### Data to use
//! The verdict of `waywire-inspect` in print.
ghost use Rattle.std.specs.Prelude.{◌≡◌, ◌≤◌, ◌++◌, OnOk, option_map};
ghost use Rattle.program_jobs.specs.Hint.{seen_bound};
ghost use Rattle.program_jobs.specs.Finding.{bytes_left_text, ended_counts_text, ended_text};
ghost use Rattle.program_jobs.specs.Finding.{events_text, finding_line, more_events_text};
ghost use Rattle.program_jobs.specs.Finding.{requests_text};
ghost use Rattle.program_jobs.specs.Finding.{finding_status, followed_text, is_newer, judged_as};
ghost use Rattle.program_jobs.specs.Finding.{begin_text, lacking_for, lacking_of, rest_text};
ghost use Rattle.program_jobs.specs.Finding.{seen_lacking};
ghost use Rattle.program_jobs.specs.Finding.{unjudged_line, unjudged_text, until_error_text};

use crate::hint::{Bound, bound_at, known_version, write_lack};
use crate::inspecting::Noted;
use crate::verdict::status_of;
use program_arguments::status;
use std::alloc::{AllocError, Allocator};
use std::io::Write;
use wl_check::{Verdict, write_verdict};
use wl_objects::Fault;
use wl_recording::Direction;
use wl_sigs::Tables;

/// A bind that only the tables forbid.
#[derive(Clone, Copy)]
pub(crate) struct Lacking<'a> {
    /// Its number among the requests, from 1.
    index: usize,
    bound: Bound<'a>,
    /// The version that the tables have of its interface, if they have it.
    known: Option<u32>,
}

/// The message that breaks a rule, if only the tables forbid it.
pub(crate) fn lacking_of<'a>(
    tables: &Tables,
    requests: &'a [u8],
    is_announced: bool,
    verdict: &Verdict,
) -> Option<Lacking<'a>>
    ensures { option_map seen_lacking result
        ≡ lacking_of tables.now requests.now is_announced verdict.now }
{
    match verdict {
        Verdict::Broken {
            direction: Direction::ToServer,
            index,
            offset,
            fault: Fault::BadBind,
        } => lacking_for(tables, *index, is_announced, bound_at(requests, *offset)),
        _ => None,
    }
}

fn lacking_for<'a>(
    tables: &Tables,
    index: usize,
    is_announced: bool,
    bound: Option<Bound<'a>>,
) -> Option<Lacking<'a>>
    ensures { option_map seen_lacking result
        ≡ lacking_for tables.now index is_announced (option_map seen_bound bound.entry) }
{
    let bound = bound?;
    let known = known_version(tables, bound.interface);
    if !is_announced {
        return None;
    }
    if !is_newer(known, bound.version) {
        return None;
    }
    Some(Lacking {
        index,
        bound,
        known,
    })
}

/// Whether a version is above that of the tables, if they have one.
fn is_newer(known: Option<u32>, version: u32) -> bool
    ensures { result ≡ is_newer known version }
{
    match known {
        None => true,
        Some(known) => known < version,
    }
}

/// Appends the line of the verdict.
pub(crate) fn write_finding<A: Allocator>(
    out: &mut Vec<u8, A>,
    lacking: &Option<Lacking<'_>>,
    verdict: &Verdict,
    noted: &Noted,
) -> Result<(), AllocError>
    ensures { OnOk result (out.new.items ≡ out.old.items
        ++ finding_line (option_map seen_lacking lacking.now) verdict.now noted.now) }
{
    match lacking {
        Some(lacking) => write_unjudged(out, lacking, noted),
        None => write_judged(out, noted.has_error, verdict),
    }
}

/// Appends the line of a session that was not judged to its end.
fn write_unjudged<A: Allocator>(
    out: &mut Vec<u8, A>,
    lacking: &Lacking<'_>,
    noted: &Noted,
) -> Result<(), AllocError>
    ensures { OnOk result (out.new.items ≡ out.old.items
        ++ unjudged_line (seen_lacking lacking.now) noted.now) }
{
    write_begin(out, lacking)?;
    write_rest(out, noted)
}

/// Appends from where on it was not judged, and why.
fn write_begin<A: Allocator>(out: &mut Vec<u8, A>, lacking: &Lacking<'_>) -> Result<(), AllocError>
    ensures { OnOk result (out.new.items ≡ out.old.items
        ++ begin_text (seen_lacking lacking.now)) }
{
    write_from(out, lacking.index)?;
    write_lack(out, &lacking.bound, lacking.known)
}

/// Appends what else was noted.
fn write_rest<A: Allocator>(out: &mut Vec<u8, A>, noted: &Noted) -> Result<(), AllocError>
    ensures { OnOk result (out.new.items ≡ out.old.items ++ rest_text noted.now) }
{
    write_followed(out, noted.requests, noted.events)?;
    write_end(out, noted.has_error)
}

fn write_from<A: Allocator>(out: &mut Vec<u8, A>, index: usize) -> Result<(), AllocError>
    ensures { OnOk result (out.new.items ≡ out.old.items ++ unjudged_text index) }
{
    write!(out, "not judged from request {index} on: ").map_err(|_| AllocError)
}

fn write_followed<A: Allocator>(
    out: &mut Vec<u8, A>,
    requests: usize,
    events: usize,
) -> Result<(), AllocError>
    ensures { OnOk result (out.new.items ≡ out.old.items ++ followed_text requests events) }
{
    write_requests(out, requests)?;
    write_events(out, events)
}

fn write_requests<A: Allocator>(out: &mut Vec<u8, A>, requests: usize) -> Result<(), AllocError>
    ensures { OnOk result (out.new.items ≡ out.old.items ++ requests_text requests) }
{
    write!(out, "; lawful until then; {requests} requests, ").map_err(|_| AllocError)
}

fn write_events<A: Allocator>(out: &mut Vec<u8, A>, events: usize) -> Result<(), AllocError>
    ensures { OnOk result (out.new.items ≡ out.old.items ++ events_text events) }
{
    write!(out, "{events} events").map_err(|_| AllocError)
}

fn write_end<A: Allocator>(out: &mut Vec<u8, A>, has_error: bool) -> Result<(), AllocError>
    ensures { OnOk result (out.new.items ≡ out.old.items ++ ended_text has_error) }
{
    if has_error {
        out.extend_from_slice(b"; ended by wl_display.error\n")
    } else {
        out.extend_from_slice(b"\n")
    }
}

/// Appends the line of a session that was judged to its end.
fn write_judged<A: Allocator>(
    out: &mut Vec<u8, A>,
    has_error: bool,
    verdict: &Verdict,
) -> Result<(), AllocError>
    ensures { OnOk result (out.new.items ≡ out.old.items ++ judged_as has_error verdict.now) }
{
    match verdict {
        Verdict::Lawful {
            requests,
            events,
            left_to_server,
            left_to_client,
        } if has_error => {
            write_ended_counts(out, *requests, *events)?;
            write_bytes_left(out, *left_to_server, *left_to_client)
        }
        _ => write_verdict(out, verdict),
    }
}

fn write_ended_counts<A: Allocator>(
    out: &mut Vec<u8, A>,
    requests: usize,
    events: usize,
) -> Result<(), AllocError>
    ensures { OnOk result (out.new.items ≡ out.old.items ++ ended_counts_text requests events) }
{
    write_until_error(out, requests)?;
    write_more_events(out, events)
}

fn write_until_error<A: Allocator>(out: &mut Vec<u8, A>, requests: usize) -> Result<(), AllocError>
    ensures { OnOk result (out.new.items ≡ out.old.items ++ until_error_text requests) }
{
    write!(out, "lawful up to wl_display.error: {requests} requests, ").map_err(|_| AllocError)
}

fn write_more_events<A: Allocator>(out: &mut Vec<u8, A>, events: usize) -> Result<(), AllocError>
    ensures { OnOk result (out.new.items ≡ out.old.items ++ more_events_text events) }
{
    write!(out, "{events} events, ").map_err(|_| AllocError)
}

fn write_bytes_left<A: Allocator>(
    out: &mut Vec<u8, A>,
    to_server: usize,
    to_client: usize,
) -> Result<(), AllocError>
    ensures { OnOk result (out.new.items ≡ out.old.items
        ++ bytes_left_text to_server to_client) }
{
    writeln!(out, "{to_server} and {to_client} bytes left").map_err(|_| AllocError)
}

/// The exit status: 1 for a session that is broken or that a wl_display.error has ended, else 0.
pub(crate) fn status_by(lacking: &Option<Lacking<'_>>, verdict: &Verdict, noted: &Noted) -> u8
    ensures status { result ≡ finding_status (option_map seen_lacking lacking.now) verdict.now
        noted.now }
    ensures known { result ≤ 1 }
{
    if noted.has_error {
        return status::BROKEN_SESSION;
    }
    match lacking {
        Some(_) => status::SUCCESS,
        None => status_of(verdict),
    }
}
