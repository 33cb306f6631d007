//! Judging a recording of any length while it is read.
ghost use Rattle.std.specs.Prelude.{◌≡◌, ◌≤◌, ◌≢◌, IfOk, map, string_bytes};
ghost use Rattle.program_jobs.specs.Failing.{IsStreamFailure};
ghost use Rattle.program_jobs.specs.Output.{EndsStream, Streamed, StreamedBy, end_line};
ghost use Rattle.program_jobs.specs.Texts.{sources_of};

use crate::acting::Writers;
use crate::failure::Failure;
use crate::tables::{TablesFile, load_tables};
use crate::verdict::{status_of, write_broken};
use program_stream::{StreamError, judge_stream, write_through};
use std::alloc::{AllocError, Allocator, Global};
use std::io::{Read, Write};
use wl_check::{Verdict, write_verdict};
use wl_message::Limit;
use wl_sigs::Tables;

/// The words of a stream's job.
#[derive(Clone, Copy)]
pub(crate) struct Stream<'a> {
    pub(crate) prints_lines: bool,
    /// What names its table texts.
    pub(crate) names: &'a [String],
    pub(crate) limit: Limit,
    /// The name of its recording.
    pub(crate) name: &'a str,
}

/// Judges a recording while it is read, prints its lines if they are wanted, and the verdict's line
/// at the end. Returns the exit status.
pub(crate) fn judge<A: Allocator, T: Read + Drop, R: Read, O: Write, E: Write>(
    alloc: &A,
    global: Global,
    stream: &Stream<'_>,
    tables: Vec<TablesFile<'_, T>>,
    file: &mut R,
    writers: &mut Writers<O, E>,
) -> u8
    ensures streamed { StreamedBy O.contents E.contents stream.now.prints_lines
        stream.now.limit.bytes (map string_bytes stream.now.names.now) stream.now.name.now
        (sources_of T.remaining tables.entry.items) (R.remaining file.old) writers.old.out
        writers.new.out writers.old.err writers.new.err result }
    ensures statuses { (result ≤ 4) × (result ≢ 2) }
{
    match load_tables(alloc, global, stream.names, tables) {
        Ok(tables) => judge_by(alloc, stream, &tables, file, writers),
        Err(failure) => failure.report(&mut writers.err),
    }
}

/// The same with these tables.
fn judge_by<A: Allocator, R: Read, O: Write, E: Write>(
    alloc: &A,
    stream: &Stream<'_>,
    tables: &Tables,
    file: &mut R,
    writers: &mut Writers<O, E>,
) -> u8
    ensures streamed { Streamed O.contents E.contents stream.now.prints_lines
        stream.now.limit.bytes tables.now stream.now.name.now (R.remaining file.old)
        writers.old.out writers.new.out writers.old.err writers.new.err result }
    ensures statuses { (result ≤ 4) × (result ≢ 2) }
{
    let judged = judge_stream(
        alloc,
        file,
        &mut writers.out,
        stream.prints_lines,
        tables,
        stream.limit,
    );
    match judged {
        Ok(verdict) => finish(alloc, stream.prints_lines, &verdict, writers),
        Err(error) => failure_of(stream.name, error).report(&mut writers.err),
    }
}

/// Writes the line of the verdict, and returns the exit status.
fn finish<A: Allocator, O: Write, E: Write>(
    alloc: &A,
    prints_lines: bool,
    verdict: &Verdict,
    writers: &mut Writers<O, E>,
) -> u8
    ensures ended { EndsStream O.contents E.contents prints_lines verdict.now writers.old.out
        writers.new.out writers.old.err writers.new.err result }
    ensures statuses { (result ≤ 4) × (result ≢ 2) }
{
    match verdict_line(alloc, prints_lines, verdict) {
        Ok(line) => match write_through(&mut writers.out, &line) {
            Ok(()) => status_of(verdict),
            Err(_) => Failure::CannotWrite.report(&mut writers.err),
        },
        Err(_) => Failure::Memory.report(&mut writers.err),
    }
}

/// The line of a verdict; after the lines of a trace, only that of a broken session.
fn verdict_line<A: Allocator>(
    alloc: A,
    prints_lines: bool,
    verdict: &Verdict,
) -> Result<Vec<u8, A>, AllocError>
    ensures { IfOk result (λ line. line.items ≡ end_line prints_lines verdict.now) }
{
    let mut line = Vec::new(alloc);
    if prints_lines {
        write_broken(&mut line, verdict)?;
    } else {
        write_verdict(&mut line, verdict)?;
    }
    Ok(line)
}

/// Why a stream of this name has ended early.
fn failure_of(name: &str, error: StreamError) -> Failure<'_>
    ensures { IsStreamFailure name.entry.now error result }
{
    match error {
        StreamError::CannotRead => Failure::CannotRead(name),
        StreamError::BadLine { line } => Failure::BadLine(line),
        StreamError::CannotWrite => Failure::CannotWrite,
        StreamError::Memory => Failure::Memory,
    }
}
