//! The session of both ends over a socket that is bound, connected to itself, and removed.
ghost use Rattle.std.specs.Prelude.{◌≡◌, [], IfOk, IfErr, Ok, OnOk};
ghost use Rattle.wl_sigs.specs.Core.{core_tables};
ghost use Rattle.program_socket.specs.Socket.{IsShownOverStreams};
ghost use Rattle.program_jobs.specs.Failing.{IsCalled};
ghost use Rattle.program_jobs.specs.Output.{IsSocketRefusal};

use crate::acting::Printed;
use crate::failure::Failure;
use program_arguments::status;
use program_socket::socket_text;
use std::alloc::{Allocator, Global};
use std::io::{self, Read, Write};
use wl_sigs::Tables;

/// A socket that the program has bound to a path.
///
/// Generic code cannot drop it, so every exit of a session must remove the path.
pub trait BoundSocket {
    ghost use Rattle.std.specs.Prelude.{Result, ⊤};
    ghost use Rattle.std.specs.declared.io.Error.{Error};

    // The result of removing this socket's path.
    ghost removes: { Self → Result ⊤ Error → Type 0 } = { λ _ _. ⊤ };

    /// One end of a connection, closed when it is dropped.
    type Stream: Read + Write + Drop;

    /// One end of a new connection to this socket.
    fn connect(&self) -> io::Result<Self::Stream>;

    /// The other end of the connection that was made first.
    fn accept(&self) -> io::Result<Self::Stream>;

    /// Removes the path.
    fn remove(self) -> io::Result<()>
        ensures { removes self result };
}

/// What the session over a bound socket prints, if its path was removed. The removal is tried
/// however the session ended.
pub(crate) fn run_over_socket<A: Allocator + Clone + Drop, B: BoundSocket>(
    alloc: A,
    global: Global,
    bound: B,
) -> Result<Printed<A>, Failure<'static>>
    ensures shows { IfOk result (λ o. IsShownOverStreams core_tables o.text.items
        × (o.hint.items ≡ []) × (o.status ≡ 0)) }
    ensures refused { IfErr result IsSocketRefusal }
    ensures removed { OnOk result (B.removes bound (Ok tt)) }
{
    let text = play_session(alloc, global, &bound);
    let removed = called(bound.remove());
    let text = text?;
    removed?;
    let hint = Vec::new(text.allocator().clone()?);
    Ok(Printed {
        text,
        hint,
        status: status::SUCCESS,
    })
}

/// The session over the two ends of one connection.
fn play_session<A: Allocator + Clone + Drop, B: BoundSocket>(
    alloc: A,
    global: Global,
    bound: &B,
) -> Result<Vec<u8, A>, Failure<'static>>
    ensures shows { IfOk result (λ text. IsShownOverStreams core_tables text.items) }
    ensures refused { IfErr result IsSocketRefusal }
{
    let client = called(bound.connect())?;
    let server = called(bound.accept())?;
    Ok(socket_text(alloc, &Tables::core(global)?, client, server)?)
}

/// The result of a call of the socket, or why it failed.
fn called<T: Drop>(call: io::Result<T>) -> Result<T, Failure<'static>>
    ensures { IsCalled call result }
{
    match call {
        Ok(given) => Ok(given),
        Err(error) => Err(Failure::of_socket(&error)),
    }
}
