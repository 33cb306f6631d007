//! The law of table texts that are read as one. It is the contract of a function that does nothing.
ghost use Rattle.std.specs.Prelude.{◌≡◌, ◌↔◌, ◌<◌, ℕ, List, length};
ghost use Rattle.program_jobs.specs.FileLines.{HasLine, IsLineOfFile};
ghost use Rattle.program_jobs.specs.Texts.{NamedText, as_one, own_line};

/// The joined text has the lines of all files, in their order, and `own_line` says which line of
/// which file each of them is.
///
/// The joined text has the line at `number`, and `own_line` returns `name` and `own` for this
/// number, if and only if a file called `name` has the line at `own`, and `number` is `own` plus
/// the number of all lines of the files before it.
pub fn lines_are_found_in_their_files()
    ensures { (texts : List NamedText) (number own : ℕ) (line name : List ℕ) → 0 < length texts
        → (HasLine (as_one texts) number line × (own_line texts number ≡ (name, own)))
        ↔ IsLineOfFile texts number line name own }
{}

### Work to complete
Lines of the listing above that contain the word "match" must all be copied.

### Response area
    match verdict {
    match known {
    match lacking {
    match verdict {
    match lacking {
    match load_tables(alloc, global, stream.names, tables) {
    match judged {
    match verdict_line(alloc, prints_lines, verdict) {
        Ok(line) => match write_through(&mut writers.out, &line) {
    match error {
    match call {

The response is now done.